No, the energy required is a function of the price, not the other way around.

The bitcoin network adjusts the block difficulty (effectively the energy required to mine 1 BTC) every 2016 blocks such that the rate of creating blocks is fixed at one block (currently 12.5 BTC) every ten minutes.

If the dollar value of energy required to mine 1 BTC is significantly less than the current dollar value of a bitcoin then it is likely more hash power will be added to the network by the bitcoin farms, further increasing the network's hash rate, and as a consequence the block difficulty and therefore the price of the energy required to mine 1 BTC.

The price of energy required to mine a bitcoin follows the bitcoin price not the other way around.
This is just the discredited labor theory of value, applied to machines instead of humans.
In other words, I could spend an hour exerting effort and have nothing of value to show for it at the end?
That's obvious... You can work for a year and still get nothing... Because your work has no value in and of itself.

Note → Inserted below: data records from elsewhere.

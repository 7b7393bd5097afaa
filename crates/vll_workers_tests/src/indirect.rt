//! Tests of runs of calls with an indirect key.
ghost use Rattle.std.specs.Prelude.{◌≡◌};
ghost use Rattle.vll_queue.specs.Shown.{name_of};
ghost use Rattle.vll_sca.specs.Placing.{placing};

use crate::asserts::{equal, fail};
use crate::opening::opening;
use crate::tokens::{all_calling_in_turn, closed_of, output_of};
use std::alloc::Global;
use std::marker::Brand;
use std::process::Abort;
use std::sync::Wait;
use std::test::*;
use std::thread::Threads;
use vll_engine::{Name, Opening};
use vll_sca::Placing;
use vll_workers::{OpenGate, run};

// How many calls each client makes.
const CALLS: u32 = 100;

// One worker makes the calls of the clients: each bumps record 0, and then calls by the record that its value leads to, in
// turn. Every call commits.
fn none_is_moved<N: Name + Send + Sync, R: Wait + Threads + Abort + Sync>(
    rt: &R,
    alloc: Global,
    opening: Opening<Placing>,
    names: (&str, &str),
) -> Result<(), Fail>
    requires { N.engine ≡ name_of placing opening }
{
    let (engine, sessions) = opening.start::<N>();
    let library = engine.library();
    let tokens = all_calling_in_turn::<N>(rt, alloc, library, sessions, names, 1, CALLS)?;
    match run(rt, rt, alloc, &engine, tokens, 1, &OpenGate) {
        Ok(_) => {}
        Err(_) => fail(rt, "the run has a fault"),
    }
    let closed = closed_of(rt, engine, Vec::new(alloc));
    for line in closed.journal.as_slice() {
        equal(rt, output_of(&line.reply).is_some(), true);
    }
    Ok(())
}

// A worker begins several calls under one hold. A call with an indirect key is the first of these: behind a bump of its
// source, whether that is of the same client or of another one, it would be aborted as moved.
#[test]
fn one_worker_aborts_no_call_as_moved(rt: HostRuntime) -> Result<(), Fail> {
    for (clients, names) in [
        (1u16, ("bump", "via")),
        (1, ("via", "bump")),
        (2, ("bump", "via")),
        (4, ("via", "bump")),
    ] {
        let clients = u32::from(clients);
        let opening = opening(rt.alloc(), 3, clients * CALLS, clients)?;
        none_is_moved::<Brand, HostRuntime>(&rt, rt.alloc(), opening, names)?;
    }
    Ok(())
}
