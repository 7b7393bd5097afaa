//! The results of runs of worker threads: the tests of vll_workers.
#![tactic(auto)]

#[cfg(test)]
mod asserts;
#[cfg(test)]
mod crowded;
#[cfg(test)]
mod gates;
#[cfg(test)]
mod indirect;
#[cfg(test)]
mod limited;
#[cfg(test)]
mod opening;
#[cfg(test)]
mod paced;
#[cfg(test)]
mod put_off;
#[cfg(test)]
mod resumed;
#[cfg(test)]
mod runs;
#[cfg(test)]
mod staying;
#[cfg(test)]
mod tallies;
#[cfg(test)]
mod tokens;
#[cfg(test)]
mod told;
#[cfg(test)]
mod waited_for;
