//! Tests of runs in which many calls wait, and of a run in which a call is put off.
ghost use Rattle.std.specs.Prelude.{◌≡◌};
ghost use Rattle.vll_queue.specs.Pass.{IsFresh};
ghost use Rattle.vll_queue.specs.Shown.{name_of};
ghost use Rattle.vll_sca.specs.Placing.{placing};

use crate::asserts::{equal, fail, holds_at};
use crate::opening::opening_of;
use crate::runs::{begins, ends, last_of, runs_through, waits};
use crate::tokens::{all_calling, closed_of, last_and_others};
use std::alloc::Global;
use std::marker::Brand;
use std::process::Abort;
use std::sync::Wait;
use std::test::*;
use std::thread::Threads;
use vll_core::{Config, Ticket};
use vll_engine::{Engine, Name, Opening, Pass, Session};
use vll_sca::Placing;
use vll_workers::{OpenGate, run};

// Begins `many` bumps of record 0, which wait, and after them one of record 1.
fn wait_behind<N: Name, R: Wait + Abort>(
    rt: &R,
    engine: &Engine<N, Placing>,
    session: Session,
    many: u16,
) -> Session
    requires { session.table ≡ N.engine.table }
    ensures { result.table ≡ N.engine.table }
{
    let many = u32::from(many);
    let mut session = session;
    for ticket in 2..many + 2 {
        waits(rt, engine, &mut session, 0, Ticket(ticket));
    }
    waits(rt, engine, &mut session, 1, Ticket(many + 2));
    session
}

// Runs the calls that wait one after the other, each at the front.
fn ends_all<N: Name, R: Wait + Abort>(rt: &R, engine: &Engine<N, Placing>, many: u16) {
    for _ in 0..many {
        match engine.next_front(rt) {
            Some(pass) => ends(rt, engine, pass),
            None => fail(rt, "the front does not wait"),
        }
    }
}

// Ticket 0 keeps running, and `many` calls wait for its record. After them a call waits for ticket 1. A run scans in
// vain. Then ticket 1 is gone. A second run, with a token of `times` bumps of record 1, has to find that call.
fn finds_what_may_run<N: Name + Send + Sync, R: Wait + Threads + Abort + Sync>(
    rt: &R,
    alloc: Global,
    opening: Opening<Placing>,
    many: u16,
    times: u8,
) -> Result<(), Fail>
    requires { N.engine ≡ name_of placing opening }
{
    let (engine, mut sessions) = opening.start::<N>();
    let idle = last_of::<N>(rt, &mut sessions);
    let late = last_of::<N>(rt, &mut sessions);
    let mut first = last_of::<N>(rt, &mut sessions);
    let kept = begins(rt, &engine, &mut first, 0);
    let other = begins(rt, &engine, &mut first, 1);
    let _first = wait_behind(rt, &engine, first, many);
    let ran = runs_twice(rt, alloc, &engine, (idle, late), other, (many, times));
    ends(rt, &engine, kept);
    ends_all(rt, &engine, many);
    ran
}

// A run without a call executes none. Then ticket 1 ends, and a run of `times` bumps of record 1 executes these and the
// last call that waits.
fn runs_twice<N: Name + Send + Sync, R: Wait + Threads + Abort + Sync>(
    rt: &R,
    alloc: Global,
    engine: &Engine<N, Placing>,
    sessions: (Session, Session),
    other: Pass,
    counts: (u16, u8),
) -> Result<(), Fail>
    requires sessions { (sessions.0.table ≡ N.engine.table) × (sessions.1.table ≡ N.engine.table) }
    requires fresh { IsFresh N.engine other }
{
    let (idle, late) = sessions;
    let (many, times) = counts;
    let in_vain = runs_through(rt, alloc, engine, idle, 0, (0, 0));
    ends(rt, engine, other);
    in_vain?;
    let last = u64::from(many) + 2;
    let mut tickets = last;
    for time in 1..=u64::from(times) {
        tickets = tickets.saturating_add(last.saturating_add(time));
    }
    let executed = (1 + u64::from(times), tickets);
    runs_through(rt, alloc, engine, late, u32::from(times), executed)
}

#[test]
fn run_leaves_no_call_that_may_run(rt: HostRuntime) -> Result<(), Fail> {
    for many in [1, 40, 72, 2_000] {
        let config = Config {
            cap: 2_001,
            limit: 2_003,
            bits: 64,
        };
        let opening = opening_of(rt.alloc(), 2, config, 3)?;
        finds_what_may_run::<Brand, HostRuntime>(&rt, rt.alloc(), opening, many, 0)?;
    }
    Ok(())
}

#[test]
fn run_whose_queue_is_full_finds_what_may_run(rt: HostRuntime) -> Result<(), Fail> {
    for many in [40, 72, 2_000] {
        let config = Config {
            cap: u32::from(many) + 1,
            limit: 2_100,
            bits: 64,
        };
        let opening = opening_of(rt.alloc(), 2, config, 3)?;
        finds_what_may_run::<Brand, HostRuntime>(&rt, rt.alloc(), opening, many, 1)?;
    }
    Ok(())
}

// How many calls each of two clients makes.
const TIMES: u16 = 1_000;

// A pass of record 1 is kept. One of two clients adds to record 0, and the other to record 1, so that its calls look
// denied: its first call is put off while the other client's calls begin, and begins regardless.
fn begins_what_looks_denied<N: Name + Send + Sync, R: Wait + Threads + Abort + Sync>(
    rt: &R,
    alloc: Global,
    opening: Opening<Placing>,
) -> Result<(), Fail>
    requires { N.engine ≡ name_of placing opening }
{
    let (engine, sessions) = opening.start::<N>();
    let (mut session, sessions) = last_and_others::<N>(rt, sessions);
    let library = engine.library();
    let tokens = all_calling::<N>(rt, alloc, library, sessions, "bump", 2, u32::from(TIMES))?;
    let kept = begins(rt, &engine, &mut session, 1);
    match run(rt, rt, alloc, &engine, tokens, 1, &OpenGate) {
        Ok(tokens) => equal(rt, tokens.len(), 2),
        Err(_) => fail(rt, "the run has a fault"),
    }
    ends(rt, &engine, kept);
    ends_all(rt, &engine, TIMES);
    let closed = closed_of(rt, engine, Vec::new(alloc));
    match closed.journal.iter().position(|line| line.client == 1) {
        Some(ticket) => holds_at(rt, ticket, 64 < ticket && ticket < 800),
        None => fail(rt, "it has not begun"),
    }
    Ok(())
}

#[test]
fn call_that_looks_denied_begins_behind_some_others(rt: HostRuntime) -> Result<(), Fail> {
    let config = Config {
        cap: 2_000,
        limit: 2_001,
        bits: 64,
    };
    let opening = opening_of(rt.alloc(), 2, config, 3)?;
    begins_what_looks_denied::<Brand, HostRuntime>(&rt, rt.alloc(), opening)
}
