//! Tests of what runs enter, execute and leave, also if the engine is spent or there are no tokens.
ghost use Rattle.std.specs.Prelude.{◌≡◌, ◌≤◌, All};
ghost use Rattle.vll_queue.specs.Pass.{IsFresh};
ghost use Rattle.vll_queue.specs.Shown.{name_of};
ghost use Rattle.vll_sca.specs.Placing.{placing};

use crate::asserts::{equal, fail, holds};
use crate::gates::{Meeting, Tally};
use crate::opening::opening;
use crate::tokens::{
    all_calling, are_counted, are_home, bump_of, calling, closed_of, closes, output_of,
};
use std::alloc::Global;
use std::marker::Brand;
use std::process::Abort;
use std::sync::Wait;
use std::sync::atomic::Ordering;
use std::test::*;
use std::thread::Threads;
use vll_core::Ticket;
use vll_engine::{Begun, Engine, Name, Opening, Pass, Session};
use vll_sca::Placing;
use vll_workers::{MOST_WORKERS, OpenGate, RunError, RunFault, run};

// Runs `clients` clients of `times` calls each on one record: each call finds what the one before it left.
pub(crate) fn counts<N: Name + Send + Sync, R: Wait + Threads + Abort + Sync>(
    rt: &R,
    alloc: Global,
    opening: Opening<Placing>,
    clients: u16,
    times: u16,
    workers: u32,
) -> Result<(), Fail>
    requires name { N.engine ≡ name_of placing opening }
    requires workers { (1 ≤ workers) × (workers ≤ MOST_WORKERS) }
{
    let (engine, sessions) = opening.start::<N>();
    let tokens = all_calling::<N>(
        rt,
        alloc,
        engine.library(),
        sessions,
        "bump",
        1,
        u32::from(times),
    )?;
    match run(rt, rt, alloc, &engine, tokens, workers, &OpenGate) {
        Ok(tokens) => are_counted(rt, alloc, engine, tokens, clients, times),
        Err(_) => fail(rt, "the run has a fault"),
    }
}

#[test]
fn eight_workers_lose_no_bump(rt: HostRuntime) -> Result<(), Fail> {
    let opening = opening(rt.alloc(), 1, 4_000, 4)?;
    counts::<Brand, HostRuntime>(&rt, rt.alloc(), opening, 4, 1_000, 8)
}

#[test]
fn many_workers_hand_one_token_on(rt: HostRuntime) -> Result<(), Fail> {
    let opening = opening(rt.alloc(), 1, 100, 1)?;
    counts::<Brand, HostRuntime>(&rt, rt.alloc(), opening, 1, 100, 64)
}

// The first call is held back until the second has its reply, so two threads are at work.
fn meet<N: Name + Send + Sync, R: Wait + Threads + Abort + Sync>(
    rt: &R,
    alloc: Global,
    opening: Opening<Placing>,
) -> Result<(), Fail>
    requires { N.engine ≡ name_of placing opening }
{
    let (engine, sessions) = opening.start::<N>();
    let tokens = all_calling::<N>(rt, alloc, engine.library(), sessions, "bump", 2, 1)?;
    let gate = Meeting::new();
    match run(rt, rt, alloc, &engine, tokens, 2, &gate) {
        Ok(tokens) => are_home(rt, tokens.as_slice(), 2, 1),
        Err(_) => fail(rt, "the run has a fault"),
    }
    equal(rt, gate.has_begun.load(Ordering::SeqCst), 1);
    holds(rt, gate.turns.load(Ordering::SeqCst) < 100_000_000);
    closes(rt, engine, Vec::new(alloc), &[1, 1], &[1, 1]);
    Ok(())
}

#[test]
fn two_workers_execute_at_once(rt: HostRuntime) -> Result<(), Fail> {
    let opening = opening(rt.alloc(), 2, 2, 2)?;
    meet::<Brand, HostRuntime>(&rt, rt.alloc(), opening)
}

// An engine for one call, and a script of two.
fn is_spent<N: Name + Send + Sync, R: Wait + Threads + Abort + Sync>(
    rt: &R,
    alloc: Global,
    opening: Opening<Placing>,
) -> Result<(), Fail>
    requires { N.engine ≡ name_of placing opening }
{
    let (engine, sessions) = opening.start::<N>();
    let tokens = all_calling::<N>(rt, alloc, engine.library(), sessions, "bump", 1, 2)?;
    match run(rt, rt, alloc, &engine, tokens, 2, &OpenGate) {
        Ok(_) => fail(rt, "the run is well"),
        Err(RunError { fault, tokens }) => {
            equal(rt, fault, RunFault::Spent);
            are_home(rt, tokens.as_slice(), 1, 1);
        }
    }
    closes(rt, engine, Vec::new(alloc), &[1], &[1]);
    Ok(())
}

#[test]
fn spent_hands_the_token_back(rt: HostRuntime) -> Result<(), Fail> {
    let opening = opening(rt.alloc(), 1, 1, 1)?;
    is_spent::<Brand, HostRuntime>(&rt, rt.alloc(), opening)
}

// Two clients of two calls each: as many enter as the limit allows, and the run is spent only if that leaves some.
fn enters_up_to_the_limit<N: Name + Send + Sync, R: Wait + Threads + Abort + Sync>(
    rt: &R,
    alloc: Global,
    opening: Opening<Placing>,
    entered: usize,
) -> Result<(), Fail>
    requires { N.engine ≡ name_of placing opening }
{
    let (engine, sessions) = opening.start::<N>();
    let tokens = all_calling::<N>(rt, alloc, engine.library(), sessions, "bump", 2, 2)?;
    let fault = match run(rt, rt, alloc, &engine, tokens, 2, &OpenGate) {
        Ok(_) => None,
        Err(RunError { fault, .. }) => Some(fault),
    };
    let expected = if entered < 4 {
        Some(RunFault::Spent)
    } else {
        None
    };
    equal(rt, fault, expected);
    let closed = closed_of(rt, engine, Vec::new(alloc));
    equal(rt, closed.journal.len(), entered);
    Ok(())
}

#[test]
fn run_is_spent_only_at_the_limit(rt: HostRuntime) -> Result<(), Fail> {
    for (limit, entered) in [(1, 1), (3, 3), (4, 4), (5, 4), (65_536, 4)] {
        let opening = opening(rt.alloc(), 2, limit, 2)?;
        enters_up_to_the_limit::<Brand, HostRuntime>(&rt, rt.alloc(), opening, entered)?;
    }
    Ok(())
}

// Without tokens no thread is started: a worker would bring to its reply the call that waits and may run.
fn has_none<N: Name + Send + Sync, R: Wait + Threads + Abort + Sync>(
    rt: &R,
    alloc: Global,
    opening: Opening<Placing>,
)
    requires { N.engine ≡ name_of placing opening }
{
    let (engine, mut sessions) = opening.start::<N>();
    let mut session = last_of::<N>(rt, &mut sessions);
    let zero = begins(rt, &engine, &mut session, 0);
    waits(rt, &engine, &mut session, 0, Ticket(1));
    ends(rt, &engine, zero);
    let tokens = Vec::new(alloc);
    match run(rt, rt, alloc, &engine, tokens, 8, &OpenGate) {
        Ok(tokens) => holds(rt, tokens.is_empty()),
        Err(_) => fail(rt, "the run has a fault"),
    }
    match engine.next_front(rt) {
        Some(pass) => ends(rt, &engine, pass),
        None => fail(rt, "a worker was there"),
    }
    closes(rt, engine, Vec::new(alloc), &[2], &[1, 2]);
}

#[test]
fn no_tokens_is_well(rt: HostRuntime) -> Result<(), Fail> {
    let opening = opening(rt.alloc(), 1, 2, 1)?;
    has_none::<Brand, HostRuntime>(&rt, rt.alloc(), opening);
    Ok(())
}

// Begins the bump of a record, which is free.
pub(crate) fn begins<N: Name, R: Wait + Abort>(
    rt: &R,
    engine: &Engine<N, Placing>,
    session: &mut Session,
    record: u64,
) -> Pass
    requires { session.old.table ≡ N.engine.table }
    ensures pass { IsFresh N.engine result }
    ensures session { session.new.table ≡ session.old.table }
{
    let call = bump_of(rt, engine.library(), record);
    match engine.begin(rt, session, &call) {
        Begun::Free(pass) => pass,
        Begun::Blocked(_) => fail(rt, "the call is blocked"),
        Begun::Refused(_) => fail(rt, "the call is refused"),
    }
}

// Begins the bump of a record, which is blocked, under this ticket.
pub(crate) fn waits<N: Name, R: Wait + Abort>(
    rt: &R,
    engine: &Engine<N, Placing>,
    session: &mut Session,
    record: u64,
    ticket: Ticket,
)
    requires { session.old.table ≡ N.engine.table }
    ensures { session.new.table ≡ session.old.table }
{
    let call = bump_of(rt, engine.library(), record);
    match engine.begin(rt, session, &call) {
        Begun::Free(pass) => {
            ends(rt, engine, pass);
            fail(rt, "the call is free")
        }
        Begun::Blocked(blocked) => equal(rt, blocked, ticket),
        Begun::Refused(_) => fail(rt, "the call is refused"),
    }
}

// Brings the call of a pass to its end.
pub(crate) fn ends<N: Name>(wait: &impl Wait, engine: &Engine<N, Placing>, pass: Pass)
    requires { IsFresh N.engine pass }
{
    let released = engine.release(engine.execute(pass));
    let _ = engine.finish(wait, released);
}

// The last session of a list.
pub(crate) fn last_of<N: Name>(rt: &impl Abort, sessions: &mut Vec<Session>) -> Session
    requires { All (λ s. s.table ≡ N.engine.table) sessions.old.items }
    ensures session { result.table ≡ N.engine.table }
    ensures others { All (λ s. s.table ≡ N.engine.table) sessions.new.items }
{
    match sessions.pop() {
        Some(session) => session,
        None => fail(rt, "there is no session"),
    }
}

// The front keeps running, and behind it waits a call that only the scan finds: the run brings that one to its reply,
// which is the second bump's, and leaves the pass that is kept.
fn leaves_a_kept_pass<N: Name + Send + Sync, R: Wait + Threads + Abort + Sync>(
    rt: &R,
    alloc: Global,
    opening: Opening<Placing>,
) -> Result<(), Fail>
    requires { N.engine ≡ name_of placing opening }
{
    let (engine, mut sessions) = opening.start::<N>();
    let idle = last_of::<N>(rt, &mut sessions);
    let mut second = last_of::<N>(rt, &mut sessions);
    let mut first = last_of::<N>(rt, &mut sessions);
    let kept = begins(rt, &engine, &mut first, 0);
    let other = begins(rt, &engine, &mut second, 1);
    waits(rt, &engine, &mut second, 1, Ticket(2));
    ends(rt, &engine, other);
    let ran = runs_through(rt, alloc, &engine, idle, 0, (1, 2));
    let reply = engine.reply(rt, &mut second, Ticket(2));
    ends(rt, &engine, kept);
    equal(rt, output_of(&reply), Some(2));
    closes(rt, engine, Vec::new(alloc), &[1, 2], &[1, 1, 2]);
    ran
}

// Checks that one worker, with a token of `times` bumps of record 1, executes `executed.0` calls, whose tickets have
// the sum `executed.1`.
pub(crate) fn runs_through<N: Name + Send + Sync, R: Wait + Threads + Abort + Sync>(
    rt: &R,
    alloc: Global,
    engine: &Engine<N, Placing>,
    session: Session,
    times: u32,
    executed: (u64, u64),
) -> Result<(), Fail>
    requires { session.table ≡ N.engine.table }
{
    let gate = Tally::new();
    let mut tokens = Vec::new(alloc);
    let token = calling::<N>(rt, alloc, engine.library(), session, "bump", 1, times)?;
    tokens.push(token)?;
    match run(rt, rt, alloc, engine, tokens, 1, &gate) {
        Ok(tokens) => equal(rt, tokens.len(), 1),
        Err(_) => fail(rt, "the run has a fault"),
    }
    let before = gate.before.load(Ordering::SeqCst);
    let tickets = gate.tickets.load(Ordering::SeqCst);
    let after = gate.after.load(Ordering::SeqCst);
    let told = gate.told.load(Ordering::SeqCst);
    equal(rt, (before, tickets), executed);
    equal(rt, (after, told), executed);
    Ok(())
}

#[test]
fn run_leaves_a_pass_that_is_kept(rt: HostRuntime) -> Result<(), Fail> {
    let opening = opening(rt.alloc(), 2, 3, 3)?;
    leaves_a_kept_pass::<Brand, HostRuntime>(&rt, rt.alloc(), opening)
}
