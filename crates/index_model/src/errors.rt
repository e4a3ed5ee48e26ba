ghost use Rattle.std.specs.Prelude.{◌≡◌};
ghost use Rattle.index_model.specs.Documents.{fault_told, refusal_told};

use crate::faults::Fault;
use ltfs_documents::doc_elements::PieceErr;
use ltfs_documents::doc_fields::Tag;

/// Why a text is no index. A number in brackets of `Syntax`, `Unknown`, `Twice`, `Number` and
/// `Name` is the place in the text, in bytes from its beginning.
#[derive(Clone, Copy, Debug, PartialEq, Eq)]
pub enum IndexErr {
    /// The first byte that no rule allows, or the length of the text where it ends too early.
    Syntax(usize),
    /// The `<` of a start tag that may not stand there, or that has an attribute which it can't
    /// have.
    Unknown(usize),
    /// The `<` of the start tag of a child that was there already.
    Twice(usize),
    /// The root is of another version than 2.0 to 2.4, or of none.
    Version,
    /// The first child that an element lacks.
    Missing(Tag),
    /// The first digit of a number that is out of its range.
    Number(usize),
    /// The `<` of the element of a name that may not be.
    Name(usize),
    /// More than 65,536 nodes.
    TooMany,
    /// See `Fault`.
    Uid(u64),
    /// See `Fault`.
    SameName(u64),
    /// See `Fault`.
    SameKey(u64),
    /// See `Fault`.
    Extent(u64),
    /// See `Fault`.
    Overlap(u64),
    /// Memory was refused.
    NoMemory,
}

impl From<PieceErr> for IndexErr {
    ghost from_gives = { λ e r. r ≡ refusal_told e };

    fn from(e: PieceErr) -> IndexErr {
        match e {
            PieceErr::Syntax(at) => IndexErr::Syntax(at),
            PieceErr::Unknown(at) => IndexErr::Unknown(at),
            PieceErr::Twice(at) => IndexErr::Twice(at),
            PieceErr::Version => IndexErr::Version,
            PieceErr::Missing(tag) => IndexErr::Missing(tag),
            PieceErr::Number(at) => IndexErr::Number(at),
            PieceErr::Name(at) => IndexErr::Name(at),
            PieceErr::TooMany => IndexErr::TooMany,
            PieceErr::NoMemory => IndexErr::NoMemory,
        }
    }
}

impl From<Fault> for IndexErr {
    ghost from_gives = { λ f r. r ≡ fault_told f };

    fn from(fault: Fault) -> IndexErr {
        match fault {
            Fault::Uid(uid) => IndexErr::Uid(uid),
            Fault::SameName(uid) => IndexErr::SameName(uid),
            Fault::SameKey(uid) => IndexErr::SameKey(uid),
            Fault::Extent(uid) => IndexErr::Extent(uid),
            Fault::Overlap(uid) => IndexErr::Overlap(uid),
        }
    }
}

In general things are only as valuable as the "market" is willing to pay for them.

> That's obvious

Sure, I was agreeing / checking my understanding was correct :)

This will end very soon since 80% of coins have been mined already. So the energy consumption will only be miners processing transactions.
In my book, 2140 isn't "very soon" (based on the current Bitcoin mining algos).
The last 1% of unmined Bitcoin will last over 100 years. A majority of mining profits at that point will be from tx fees.
Sure, but "only" !== "majority".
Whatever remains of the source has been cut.